Comparative Example 4 (automatic developing machine)
The exposed printing plate precursor obtained by the method described in Example 1 was developed using a waterless lithographic automatic developing machine TWL-1160K to prepare a printing plate. A pretreatment solution NP-1 for an automatic processor manufactured by Toray (glycol derivative: about 80 wt% / organic base: about 13 wt% / surfactant: about 0.51 wt% / water: about 6.24 wt% / Isopropyl alcohol (about 0.25% by weight), water in the developing tank, post-treatment liquid NA-1 (diethylene glycol derivative 18% by weight / crystal violet 0.1% by weight, manufactured by Toray Industries) in the post-processing tank (dyeing tank) / Surfactant 1.5% by weight / 2-ethylhexanoic acid 1% by weight / water 79.4% by weight), and the liquid temperature was sequentially heated to 45 ° C., 25 ° C., 25 ° C., and the processing speed was 40 cm / Developed in minutes. The developing brush is a roll of 130 mm in outer diameter, in which a single thread with a diameter of 150 μm is implanted with a polybutylene terephthalate (PBT) single thread by a forming method so that the length of the hair is 15 mm. A channel roll brush cut with a lathe at 1160 mm was rotated at 400 revolutions per minute in the same direction as the conveying direction, and oscillated with a width of 30 mm at 120 reciprocations per minute. When the pattern of the silicone layer of the obtained printing plate was observed with an optical microscope, a pattern with a light shielding part width of 20 μm was resolved, but a pattern finer than this could not be resolved.

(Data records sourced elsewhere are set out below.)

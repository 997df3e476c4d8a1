//! The bytes that a caller lends for one call, as the memory of a controller.
//!
//! A [`LentMemory`] is a [`Dma`] over a slice: the byte at an address is that of the slice, and an address after its end is unreadable. It serves
//! whoever has a pool of his own, as an emulator has a guest's memory, and lends it a call at a time. Each memory that is lent is [`Lent`].

ghost use Rattle.std.specs.Prelude.{◌≡◌, ◌+◌, ◌<◌, ◌≤◌, ◌++◌, [], length, true, false};
ghost use Rattle.page_memory.specs.Memory.{pages_reached};
ghost use Rattle.page_memory.specs.Pages.{with_bytes};

use arrayvec::ArrayVec;
use page_memory::{Dma, PageNo, Unreadable};

/// Memory that is lent for one call, and lists the pages touched.
pub trait Lent: Dma {
    /// The pages touched, in order.
    fn touched(&self) -> &ArrayVec<PageNo, 4>
        ensures { result.now.items ≡ Self.reached self.now };

    /// Empties the list.
    fn clear(&mut self)
        ensures touched { Self.reached self.new ≡ [] }
        ensures memory { Self.memory self.new ≡ Self.memory self.old }
        ensures unlisted { Self.unlisted self.new ≡ Self.unlisted self.old }
        ensures pool { Self.page_count self.new ≡ Self.page_count self.old };
}

/// The most bytes that are lent: 65,536 pages.
pub const MOST_BYTES: usize = 268_435_456;

/// Lent bytes, and the pages touched through [`Dma`].
#[derive(Drop)]
pub struct LentMemory<'a> {
    /// The bytes of the pool, one page after the other.
    pub bytes: &'a mut [u8],
    /// The pages touched, in order.
    pub touched: ArrayVec<PageNo, 4>,
    pub ghost few: { length bytes.now ≤ 268435456 },
}

/// Adds the one or two pages of a range.
pub(crate) fn touch(touched: &mut ArrayVec<PageNo, 4>, addr: u64, count: usize)
    requires low { addr + count ≤ 17592186044416 }
    requires some { 0 < count }
    requires room { length touched.old.items ≤ 2 }
    ensures { touched.new.items ≡ touched.old.items ++ pages_reached addr count }
{
    let last = addr + count as u64 - 1;
    touched.push(PageNo((addr / 4096) as u32));
    if last / 4096 != addr / 4096 {
        touched.push(PageNo((last / 4096) as u32));
    }
}

/// Whether a range lies in this many bytes.
pub(crate) fn is_inside(addr: u64, count: usize, len: usize) -> bool
    ensures inside { result ≡ true → addr + count ≤ len }
    ensures outside { result ≡ false → len < addr + count }
{
    let len = len as u64;
    addr <= len && count as u64 <= len - addr
}

/// Overwrites bytes starting at a position.
pub(crate) fn put(into: &mut [u8], at: usize, bytes: &[u8])
    requires { at + length bytes.now ≤ length into.old }
    ensures bytes { into.new ≡ with_bytes into.old at bytes.now }
    ensures len { length into.new ≡ length into.old }
{
    into[at..at + bytes.len()].copy_from_slice(bytes);
}

impl<'a> Dma for LentMemory<'a> {
    ghost use Rattle.std.specs.Prelude.{◌/◌, length, slice_get};

    ghost memory = { λ m. slice_get m.bytes.now };

    ghost reached = { λ m. m.touched.items };

    // the name of the borrow: no call changes it, so what is in the bytes afterwards is the lender's
    ghost unlisted = { λ m. m.bytes.ghost_name };

    ghost page_count = { λ m. length m.bytes.now / 4096 };

    fn pool_pages(&self) -> u32 {
        (self.bytes.len() / 4096) as u32
    }

    fn read(&mut self, addr: u64, into: &mut [u8]) -> Result<(), Unreadable> {
        if !is_inside(addr, into.len(), self.bytes.len()) {
            return Err(Unreadable);
        }
        touch(&mut self.touched, addr, into.len());
        for k in 0..into.len() {
            into[k] = self.bytes[addr as usize + k];
        }
        Ok(())
    }

    fn write(&mut self, addr: u64, bytes: &[u8]) -> Result<(), Unreadable> {
        if !is_inside(addr, bytes.len(), self.bytes.len()) {
            return Err(Unreadable);
        }
        touch(&mut self.touched, addr, bytes.len());
        put(self.bytes, addr as usize, bytes);
        Ok(())
    }
}

impl<'a> Lent for LentMemory<'a> {
    fn touched(&self) -> &ArrayVec<PageNo, 4> {
        &self.touched
    }

    fn clear(&mut self) {
        self.touched.clear();
    }
}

  The results of each example and comparative example are shown in Table 1.

Claims (2)

A printing plate production method for forming a pattern of a silicone layer by selectively removing a silicone layer after exposing or heating a printing plate precursor having at least a photosensitive layer or a thermosensitive layer and a silicone layer in this order on a support In the presence of a developer, the silicone layer is selectively removed by rubbing the surface of the silicone layer with a knitted fabric, a woven fabric or a non-woven fabric having an apparent specific gravity of 0.15 or more. A method for producing a printing plate. The method for producing a printing plate according to claim 1, wherein the knitted fabric, the woven fabric or the non-woven fabric contains polyester fiber, polyamide fiber or cellulose fiber.